Джип выехал из поселка и по бездорожью покатил в степь.
— Куда это мы едем? — спросил Федор.
— Приглашаю вас к себе в гости.
— А, швейцарское шале.
— Уже видели? Неплохой домишко.
— Ваш?
— Ну что вы. Зачем мне дача в этой глухой степи?
— Не такой уж глухой, получается. Знаете, Евгений Петрович, в последнее время меня все здесь буквально настораживает.
— Даже сейчас? — поинтересовался попутчик.
— Еще бы. Вы ведь ни за что не скажете мне, что вам понадобилось здесь и какие у вас дела в горах.
— Это точно, — рассмеялся Евгений Петрович, — не скажу. Но, если хотите, могу намекнуть.
— Сделайте одолжение. Как-то не хочется играть вслепую. Вдруг вы всего-навсего браконьер и идете бить несчастных зверушек из Красной книги?
— До зверушек мне нет дела. Намекаю: с нами пойдут еще двое с базы «Беловодье».
Федор расхохотался.
— Так эта тема и у вас животрепещет? Хотите искать тайные тропы Бернгарта?
— Почему бы и нет?
Посерьезнев, Федор произнес скучным тоном:
— Мое условие: задаток сразу. Половина всей суммы. Не хочу, знаете, остаться ни с чем, когда вы отыщете путь в страну счастья и пожелаете пополнить число ее блаженных обитателей.
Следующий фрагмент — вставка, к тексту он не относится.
// An index is read.
ghost use Rattle.std.specs.Prelude.{◌≡◌};
ghost use Rattle.ext_index.specs.Reading.{ReadsIndex};
ghost use Rattle.ext_index.specs.ValidIndex.{text_number};

use crate::wrong::wrong_line;
use ext_host::Host;
use ext_index_lines::TextNumber;
use ext_index_reader::{IndexErr, read_lines};
use std::alloc::Global;

/// The most bytes of an index.
pub const MOST_INDEX_BYTES: usize = 134_217_728;

/// The host of an index of a generation, and the number of the text, 1, 2 or 3. Every file of the host is kept.
///
/// The bytes are the index of a valid host whose files are kept in that generation or in ones before it, and nothing else. A
/// text with number 1 is one with the default hierarchies and without past trees, and a text with number 1 or 2 one without
/// owners and capabilities. The format is this project's own.
///
/// # Errors
/// `Broken` exactly where the bytes are no such index, with the first line that breaks a rule, counted from 1. An index of
/// more than 134,217,728 bytes is faulty at its first line. A missing line is counted where it should stand, and a line too
/// many where it stands. The items of the kept manifests are compared with the base only where every other rule holds. A
/// manifest that says other than the base has is faulty at its first line. `OutOfMemory` may come at any time.
pub fn read_index(alloc: Global, bytes: &[u8], generation: u32) -> Result<(Host, u32), IndexErr>
    ensures { ReadsIndex generation bytes.now result }
{
    if bytes.len() > MOST_INDEX_BYTES {
        return Err(IndexErr::Broken { line: 1 });
    }
    let said = read_lines(alloc, bytes, generation)?;
    match wrong_line(said.text, &said.host) {
        None => Ok((said.host, text_number(said.text))),
        Some(line) => Err(IndexErr::Broken { line }),
    }
}

// The number of a text.
fn text_number(number: TextNumber) -> u32
    ensures { result ≡ text_number number }
{
    match number {
        TextNumber::One => 1,
        TextNumber::Later { owners } => if owners { 3 } else { 2 },
    }
}
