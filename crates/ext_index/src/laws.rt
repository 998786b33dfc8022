//! What follows from the definition of the index alone.
ghost use Rattle.std.specs.Prelude.{◌≡◌, false, length};
ghost use Rattle.ext_index_lines.specs.declared.text_number.TextNumber.TheVariants.{One, Later};
ghost use Rattle.ext_index.specs.Index.{index_text};
ghost use Rattle.ext_index.specs.IndexLaws.{NoFault, OneFault, OneHost, OneText};
ghost use Rattle.ext_index.specs.Laws.{empty_host, empty_index_1, empty_index_2};

/// The index of a host on which nothing stands: its lines as text 2 and that they have 133 bytes, and its lines as text 1.
pub fn empty_host_has_this_index()
    ensures lines_2 { index_text (Later false) 1 empty_host ≡ empty_index_2 }
    ensures length_2 { length empty_index_2 ≡ 133 }
    ensures lines_1 { index_text One 1 empty_host ≡ empty_index_1 }
    ensures length_1 { length empty_index_1 ≡ 72 }
{}

/// Bytes are the index of one host at most, as the text of one number, and a host has one index of each number.
pub fn an_index_is_of_one_host()
    ensures host { OneHost }
    ensures text { OneText }
{}

/// An index has no faulty line, and bytes that are none have one at most: what the reading accepts and what it refuses exclude
/// each other.
pub fn an_index_is_not_faulty()
    ensures none { NoFault }
    ensures one { OneFault }
{}
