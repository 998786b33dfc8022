use ext_text::{OutOfMemory, Path};
use thiserror::Error;

/// Why nothing is detached.
#[derive(Debug, Drop, Error)]
pub enum DetachErr {
    /// An allocation failed.
    #[error("out of memory")]
    OutOfMemory,
    /// No attachment has this name.
    #[error("no such image is attached")]
    NotAttached,
    /// A path that the attachment added is in, at or above a hierarchy of a merged class.
    #[error("a path may not be written")]
    ReadOnly {
        /// The least such path.
        path: Path,
    },
}

impl From<OutOfMemory> for DetachErr {
    ghost use Rattle.std.specs.Prelude.{◌≡◌};
    ghost use Rattle.ext_attached.specs.declared.errors.DetachErr.TheVariants as errors;

    ghost from_gives = { λ _ e. e ≡ errors.OutOfMemory };

    fn from(_failed: OutOfMemory) -> DetachErr {
        DetachErr::OutOfMemory
    }
}
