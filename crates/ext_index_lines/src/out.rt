// Where lines are printed to.
ghost use Rattle.std.specs.Prelude.{◌≡◌, ◌++◌, ◌∷◌, ℕ, List, [], length, OnOk};
ghost use Rattle.ext_index_lines.specs.Out.{at_most_64_bits};

use ext_lines::{OutOfMemory, allocated};
use ext_text::Text;
use std::alloc::Global;
use std::convert::Infallible;

/// Where lines are printed to: what keeps their bytes, or counts them.
pub trait Out {
    /// These bytes have been printed.
    ghost holds: { Self → List ℕ → Type 0 };

    /// Why bytes are not taken.
    type Refused: Drop;

    /// Prints bytes.
    ///
    /// # Errors
    /// Where they are not taken. What was printed is then of no use.
    fn put(&mut self, bytes: &[u8]) -> Result<(), Self::Refused>
        ensures { (before : List ℕ) → holds self.old before → OnOk result (holds self.new (before ++ bytes.now)) };

    /// Prints one byte.
    ///
    /// # Errors
    /// Where it is not taken. What was printed is then of no use.
    fn put_byte(&mut self, byte: u8) -> Result<(), Self::Refused>
        ensures { (before : List ℕ) → holds self.old before → OnOk result (holds self.new (before ++ byte ∷ [])) };
}

/// The bytes that were printed.
#[derive(Drop)]
pub struct Printed {
    bytes: Vec<u8>,
}

impl Printed {
    /// Nothing is printed so far.
    pub fn new(alloc: Global) -> Printed
        ensures { result.bytes.items ≡ [] }
    {
        Printed {
            bytes: Vec::new(alloc),
        }
    }

    /// The bytes, which are not copied.
    pub fn into_text(self) -> Text
        ensures { result ≡ self.bytes.items }
    {
        Text::from_vec(self.bytes)
    }
}

impl Out for Printed {
    ghost holds = { λ out before. out.bytes.items ≡ before };

    type Refused = OutOfMemory;

    fn put(&mut self, bytes: &[u8]) -> Result<(), OutOfMemory> {
        allocated(self.bytes.extend_from_slice(bytes))
    }

    fn put_byte(&mut self, byte: u8) -> Result<(), OutOfMemory> {
        allocated(self.bytes.push(byte))
    }
}

/// How many bytes were printed, or 18,446,744,073,709,551,615 where there are more. It takes no memory.
#[derive(Clone, Copy)]
pub struct Counted {
    count: u64,
}

impl Counted {
    /// Nothing is printed so far.
    pub fn new() -> Counted
        ensures { result.count ≡ 0 }
    {
        Counted { count: 0 }
    }

    /// The count.
    pub fn count(self) -> u64
        ensures { result ≡ self.count }
    {
        self.count
    }
}

impl Out for Counted {
    ghost holds = { λ out before. out.count ≡ at_most_64_bits (length before) };

    type Refused = Infallible;

    fn put(&mut self, bytes: &[u8]) -> Result<(), Infallible> {
        self.count = self.count.saturating_add(bytes.len() as u64);
        Ok(())
    }

    fn put_byte(&mut self, _byte: u8) -> Result<(), Infallible> {
        self.count = self.count.saturating_add(1);
        Ok(())
    }
}
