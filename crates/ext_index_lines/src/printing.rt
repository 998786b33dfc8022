// Lines are printed one by one, each with its newline.
ghost use Rattle.std.specs.Prelude.{◌≡◌, ◌++◌, ◌∷◌, [], ℕ, List, Bool, true, codes, decimal, length, OnOk};
ghost use Rattle.std.specs.List.{flat_map};
ghost use Rattle.hex.specs.Hex.{encode_lower};
ghost use Rattle.ext_lines.specs.Numbers.{octal};
ghost use Rattle.ext_text.specs.Path.{path_text};
ghost use Rattle.ext_attributes.specs.Attributes.{attributes_text, capability_text, file_attributes_text, flag, marks_text, owned_number};
ghost use Rattle.ext_tree.specs.Fields.{spaced, stamp_fields};
ghost use Rattle.ext_tree.specs.EntryLine.{entry_fields};
ghost use Rattle.ext_index_lines.specs.Homed.{file_digits, home_fields, homed_fields, homed_form};
ghost use Rattle.ext_index_lines.specs.Homes.{listed_entry, line_of_entry};
ghost use Rattle.ext_index_lines.specs.Lines.{attachment_line, header_line, hierarchy_line, host_line, item_line, manifest_line, number_line, path_line, worded};

use crate::homed::{Homed, digits_of, listed_file};
use crate::out::Out;
use ext_attributes::{Attributes, Capability, FileAttributes, Owner};
use ext_host::{Held, Home};
use ext_text::{Arch, Digest, Extension, Name, Path, Scope};
use ext_tree::{Entry, Stamp};
use itoa::Buffer;

/// Prints a line.
///
/// # Errors
/// Where the bytes are not taken.
pub fn put_line<O: Out>(out: &mut O, line: &[u8]) -> Result<(), O::Refused>
    ensures { (before : List ℕ) → O.holds out.old before → OnOk result (O.holds out.new (before ++ (line.now ++ 10 ∷ []))) }
{
    out.put(line)?;
    out.put_byte(b'\n')
}

/// Prints a line of a word and what follows it.
///
/// # Errors
/// Where the bytes are not taken.
pub fn put_worded<O: Out>(out: &mut O, word: &[u8], rest: &[u8]) -> Result<(), O::Refused>
    ensures { (before : List ℕ) → O.holds out.old before → OnOk result (O.holds out.new (before ++ (worded word.now rest.now ++ 10 ∷ []))) }
{
    out.put(word)?;
    out.put_byte(b' ')?;
    out.put(rest)?;
    out.put_byte(b'\n')
}

/// Prints a line of a word and a number.
///
/// # Errors
/// Where the bytes are not taken.
pub fn put_number<O: Out>(out: &mut O, word: &[u8], number: u64) -> Result<(), O::Refused>
    ensures { (before : List ℕ) → O.holds out.old before → OnOk result (O.holds out.new
        (before ++ (number_line word.now number ++ 10 ∷ []))) }
{
    let mut buffer = Buffer::new();
    put_worded(out, word, buffer.format(number).as_bytes())
}

/// Prints a line of a word and a path.
///
/// # Errors
/// Where the bytes are not taken.
pub fn put_path<O: Out>(out: &mut O, word: &[u8], path: &Path) -> Result<(), O::Refused>
    ensures { (before : List ℕ) → O.holds out.old before → OnOk result (O.holds out.new
        (before ++ (path_line word.now path.now ++ 10 ∷ []))) }
{
    out.put(word)?;
    out.put_byte(b' ')?;
    put_text(out, path)?;
    out.put_byte(b'\n')
}

/// Prints the line `host`.
///
/// # Errors
/// Where the bytes are not taken.
pub fn put_host<O: Out>(out: &mut O, arch: Arch, scope: Scope) -> Result<(), O::Refused>
    ensures { (before : List ℕ) → O.holds out.old before → OnOk result (O.holds out.new (before ++ (host_line arch scope ++ 10 ∷ []))) }
{
    out.put(b"host ")?;
    put_worded(out, arch.name().as_bytes(), scope.name().as_bytes())
}

/// Prints the line `h` of a hierarchy.
///
/// # Errors
/// Where the bytes are not taken.
pub fn put_hierarchy<O: Out>(out: &mut O, class: Extension, name: &Name) -> Result<(), O::Refused>
    ensures { (before : List ℕ) → O.holds out.old before → OnOk result (O.holds out.new
        (before ++ (hierarchy_line class name.now ++ 10 ∷ []))) }
{
    out.put(b"h ")?;
    put_worded(out, class.name().as_bytes(), name.bytes())
}

/// Prints the line `a` of an attachment.
///
/// # Errors
/// Where the bytes are not taken.
pub fn put_attachment<O: Out>(out: &mut O, runtime: bool, count: u64) -> Result<(), O::Refused>
    ensures { (before : List ℕ) → O.holds out.old before → OnOk result (O.holds out.new
        (before ++ (attachment_line runtime count ++ 10 ∷ []))) }
{
    if runtime {
        put_number(out, b"a run", count)
    } else {
        put_number(out, b"a etc", count)
    }
}

/// Prints the line `k` of a kept manifest.
///
/// # Errors
/// Where the bytes are not taken.
pub fn put_manifest<O: Out>(out: &mut O, count: u64, path: &Path) -> Result<(), O::Refused>
    ensures { (before : List ℕ) → O.holds out.old before → OnOk result (O.holds out.new
        (before ++ (manifest_line count path.now ++ 10 ∷ []))) }
{
    out.put(b"k ")?;
    let mut buffer = Buffer::new();
    put_path(out, buffer.format(count).as_bytes(), path)
}

/// Prints the line `m` of an item.
///
/// # Errors
/// Where the bytes are not taken.
pub fn put_item<O: Out>(out: &mut O, digest: &Digest, path: &Path) -> Result<(), O::Refused>
    ensures { (before : List ℕ) → O.holds out.old before → OnOk result (O.holds out.new
        (before ++ (item_line digest.now.0 path.now ++ 10 ∷ []))) }
{
    out.put(b"m ")?;
    put_path(out, digest.digits().as_slice(), path)
}

// Prints the text of a path.
fn put_text<O: Out>(out: &mut O, path: &Path) -> Result<(), O::Refused>
    ensures { (before : List ℕ) → O.holds out.old before → OnOk result (O.holds out.new (before ++ path_text path.now)) }
{
    let text = path.text();
    out.put(text)
}

/// Prints the line of an entry. A file that is not kept is listed with a home in this generation.
///
/// # Errors
/// Where the bytes are not taken.
pub fn put_entry<O: Out>(
    out: &mut O,
    generation: u32,
    path: &Path,
    entry: &Entry<Held>,
) -> Result<(), O::Refused>
    ensures { (before : List ℕ) → O.holds out.old before → OnOk result (O.holds out.new
        (before ++ (line_of_entry generation (path.now, entry.now) ++ 10 ∷ []))) }
{
    put_fields(out, generation, entry)?;
    put_text(out, path)?;
    out.put_byte(b'\n')
}

// Prints the fields of an entry, a space after each.
fn put_fields<O: Out>(out: &mut O, generation: u32, entry: &Entry<Held>) -> Result<(), O::Refused>
    ensures { (before : List ℕ) → O.holds out.old before → OnOk result (O.holds out.new
        (before ++ spaced (entry_fields homed_form (listed_entry generation entry.now)) [])) }
{
    match entry {
        Entry::Dir(attributes) => put_directory(out, b"d ", attributes),
        Entry::Opaque(attributes) => put_directory(out, b"o ", attributes),
        Entry::File(attributes, held) => put_file(out, attributes, listed_file(generation, held)),
        Entry::Link(owner, target) => put_link(out, *owner, target.bytes()),
        Entry::Hide => out.put(b"w "),
    }
}

// Prints a kind with its space, the attributes of a directory and a space.
fn put_directory<O: Out>(
    out: &mut O,
    kind: &[u8],
    attributes: &Attributes,
) -> Result<(), O::Refused>
    ensures { (before : List ℕ) → O.holds out.old before → OnOk result (O.holds out.new
        (before ++ (kind.now ++ (attributes_text attributes.now ++ 32 ∷ [])))) }
{
    out.put(kind)?;
    put_octal(out, u32::from(attributes.mode.bits()))?;
    put_owner(out, attributes.owner)?;
    out.put_byte(b' ')
}

// Prints the kind of a file with its space, its attributes and a space.
fn put_file_attributes<O: Out>(out: &mut O, file: &FileAttributes) -> Result<(), O::Refused>
    ensures { (before : List ℕ) → O.holds out.old before → OnOk result (O.holds out.new
        (before ++ (102 ∷ 32 ∷ (file_attributes_text file.now ++ 32 ∷ [])))) }
{
    let attributes = file.attributes();
    let capability = file.capability();
    out.put(b"f ")?;
    put_octal(out, u32::from(attributes.mode.bits()))?;
    put_marks(out, attributes.owner, &capability)?;
    out.put_byte(b' ')
}

// Prints what is to be told of an owner and a capability.
fn put_marks<O: Out>(
    out: &mut O,
    owner: Owner,
    capability: &Option<Capability>,
) -> Result<(), O::Refused>
    ensures { (before : List ℕ) → O.holds out.old before → OnOk result (O.holds out.new (before ++ marks_text owner capability.now)) }
{
    match capability {
        None => put_owner(out, owner),
        Some(capability) => put_both(out, owner, capability),
    }
}

// Prints an owner, where it is another than root.
fn put_owner<O: Out>(out: &mut O, owner: Owner) -> Result<(), O::Refused>
    ensures { (before : List ℕ) → O.holds out.old before → OnOk result (O.holds out.new (before ++ marks_text owner None)) }
{
    if owner.is_root() {
        return Ok(());
    }
    put_number_after_colon(out, u64::from(owner.user))?;
    put_number_after_colon(out, u64::from(owner.group))
}

// Prints an owner and a capability.
fn put_both<O: Out>(out: &mut O, owner: Owner, capability: &Capability) -> Result<(), O::Refused>
    ensures { (before : List ℕ) → O.holds out.old before → OnOk result (O.holds out.new
        (before ++ marks_text owner (Some capability.now))) }
{
    put_number_after_colon(out, u64::from(owner.user))?;
    put_number_after_colon(out, u64::from(owner.group))?;
    put_capability(out, capability)
}

// Prints a colon and a capability.
fn put_capability<O: Out>(out: &mut O, capability: &Capability) -> Result<(), O::Refused>
    ensures { (before : List ℕ) → O.holds out.old before → OnOk result (O.holds out.new (before ++ 58 ∷ capability_text capability.now)) }
{
    put_number_after_colon(out, flag_of(capability.effective))?;
    put_number_after_colon(out, capability.permitted)?;
    put_number_after_colon(out, capability.inheritable)?;
    put_number_after_colon(out, u64::from(capability.root))
}

// A flag as a number.
fn flag_of(set: bool) -> u64
    ensures { result ≡ flag set }
{
    if set { 1 } else { 0 }
}

// Prints a colon and the decimal digits of a number.
fn put_number_after_colon<O: Out>(out: &mut O, number: u64) -> Result<(), O::Refused>
    ensures { (before : List ℕ) → O.holds out.old before → OnOk result (O.holds out.new (before ++ 58 ∷ decimal number)) }
{
    let mut buffer = Buffer::new();
    out.put_byte(b':')?;
    out.put(buffer.format(number).as_bytes())
}

// Prints the octal digits of a number.
fn put_octal<O: Out>(out: &mut O, number: u32) -> Result<(), O::Refused>
    ensures { (before : List ℕ) → O.holds out.old before → OnOk result (O.holds out.new (before ++ octal number)) }
{
    if number >= 8 {
        put_octal(out, number / 8)?;
    }
    out.put_byte(b'0' + (number % 8) as u8)
}

// Prints the fields of a file.
fn put_file<O: Out>(out: &mut O, file: &FileAttributes, homed: Homed) -> Result<(), O::Refused>
    ensures { (before : List ℕ) → O.holds out.old before → OnOk result (O.holds out.new
        (before ++ (102 ∷ 32 ∷ (file_attributes_text file.now ++ 32 ∷ spaced (homed_fields homed) [])))) }
{
    put_file_attributes(out, file)?;
    put_stamp(out, &homed.stamp)?;
    put_home(out, homed.home)
}

// Prints the fields of a stamp.
fn put_stamp<O: Out>(out: &mut O, stamp: &Stamp) -> Result<(), O::Refused>
    ensures { (before : List ℕ) → O.holds out.old before → OnOk result (O.holds out.new (before ++ spaced (stamp_fields stamp.now) [])) }
{
    put_decimal(out, stamp.size)?;
    out.put(stamp.digest.digits().as_slice())?;
    out.put_byte(b' ')
}

// Prints the fields of a home.
fn put_home<O: Out>(out: &mut O, home: Home) -> Result<(), O::Refused>
    ensures { (before : List ℕ) → O.holds out.old before → OnOk result (O.holds out.new (before ++ spaced (home_fields home) [])) }
{
    put_decimal(out, u64::from(home.generation))?;
    out.put(digits_of(home.file).as_slice())?;
    out.put_byte(b' ')
}

// Prints the fields of a link.
fn put_link<O: Out>(out: &mut O, owner: Owner, target: &[u8]) -> Result<(), O::Refused>
    ensures { (before : List ℕ) → O.holds out.old before → OnOk result (O.holds out.new
        (before ++ (108 ∷ 32 ∷ spaced (owned_number (length target.now) owner ∷ target.now ∷ []) []))) }
{
    out.put(b"l ")?;
    put_owned(out, target.len() as u64, owner)?;
    out.put(target)?;
    out.put_byte(b' ')
}

// Prints the decimal digits of a number, its owner and a space.
fn put_owned<O: Out>(out: &mut O, number: u64, owner: Owner) -> Result<(), O::Refused>
    ensures { (before : List ℕ) → O.holds out.old before → OnOk result (O.holds out.new
        (before ++ (owned_number number owner ++ 32 ∷ []))) }
{
    let mut buffer = Buffer::new();
    out.put(buffer.format(number).as_bytes())?;
    put_owner(out, owner)?;
    out.put_byte(b' ')
}

// Prints the decimal digits of a number and a space.
fn put_decimal<O: Out>(out: &mut O, number: u64) -> Result<(), O::Refused>
    ensures { (before : List ℕ) → O.holds out.old before → OnOk result (O.holds out.new (before ++ (decimal number ++ 32 ∷ []))) }
{
    let mut buffer = Buffer::new();
    out.put(buffer.format(number).as_bytes())?;
    out.put_byte(b' ')
}
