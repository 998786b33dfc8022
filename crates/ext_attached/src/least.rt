// The least path that is in the way.
ghost use Rattle.std.specs.Prelude.{◌≡◌, is_some};
ghost use Rattle.std.specs.List.{find};
ghost use Rattle.std.specs.Option.{option_copied};
ghost use Rattle.ext_tree.specs.Graft.{is_non_directory_at};
ghost use Rattle.ext_tree.specs.Tree.{lookup};
ghost use Rattle.ext_host.specs.ReadOnly.{is_read_only};
ghost use Rattle.ext_attached.specs.Least.{FindsLeast};

use ext_host::Host;
use ext_text::{Path, SortedPaths};
use ext_tree::{Entry, Tree};

/// The least of the paths that is in, at or above a merged hierarchy. It takes no memory.
pub fn least_locked<'a>(host: &Host, paths: &'a SortedPaths) -> Option<&'a Path>
    ensures { FindsLeast (is_read_only host.now) paths.now (option_copied result) }
{
    first_locked(host, paths.as_slice())
}

// The first of the paths that a merge locks.
fn first_locked<'a>(host: &Host, paths: &'a [Path]) -> Option<&'a Path>
    ensures { option_copied result ≡ find (is_read_only host.now) paths.now }
{
    paths.iter().find(|path| host.locks(path))
}

/// The least of the paths at which something stands, be it a whiteout. It takes no memory.
pub fn least_standing<'a, C>(tree: &Tree<C>, paths: &'a SortedPaths) -> Option<&'a Path>
    ensures { FindsLeast (λ path. is_some (lookup tree.now path)) paths.now (option_copied result) }
{
    first_standing(tree, paths.as_slice())
}

// The first of the paths at which something stands.
fn first_standing<'a, C>(tree: &Tree<C>, paths: &'a [Path]) -> Option<&'a Path>
    ensures { option_copied result ≡ find (λ path. is_some (lookup tree.now path)) paths.now }
{
    paths.iter().find(|path| tree.get(path).is_some())
}

/// The least of the paths at which something stands that is no directory. It takes no memory.
pub fn least_blocking<'a, C>(tree: &Tree<C>, paths: &'a SortedPaths) -> Option<&'a Path>
    ensures { FindsLeast (λ path. is_non_directory_at (lookup tree.now path)) paths.now (option_copied result) }
{
    first_blocking(tree, paths.as_slice())
}

// The first of the paths at which something stands that is no directory.
fn first_blocking<'a, C>(tree: &Tree<C>, paths: &'a [Path]) -> Option<&'a Path>
    ensures { option_copied result ≡ find (λ path. is_non_directory_at (lookup tree.now path)) paths.now }
{
    paths.iter().find(|path| is_non_directory(tree.get(path)))
}

// Whether something stands there that is no directory.
fn is_non_directory<C>(entry: Option<&Entry<C>>) -> bool
    ensures { result ≡ is_non_directory_at (option_copied entry.entry) }
{
    match entry {
        None => false,
        Some(entry) => !entry.is_directory(),
    }
}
— Будет вам задаток. Прямо сейчас.
Машина въехала во двор дома и, миновав травянисто-цветочные неухоженные куртинки, встала у гаража.
— Прошу.
Хозяин распахнул дверь пряничного домика. Федор ожидал увидеть внутри интерьер, соответствующий наружности, но пустынность дома слегка разочаровала его. В небольшом холле возле стен помещались нераспакованные чучела мебели, с потолка на длинном проводе свисала голая лампочка. В одной из комнат, очевидно, гостиной, стояли два плетеных кресла и маленький столик. На нем вверх обложкой лежала раскрытая книга. Федор прочел заглавие: «Конец истории».
— Знаете, по-моему, Фукуяме при всей экстравагантности его идей, кстати, думаю, заимствованных, не хватает одной важной вещи, — сказал он, кивнув на книжку. — Он не учитывает мистических влияний.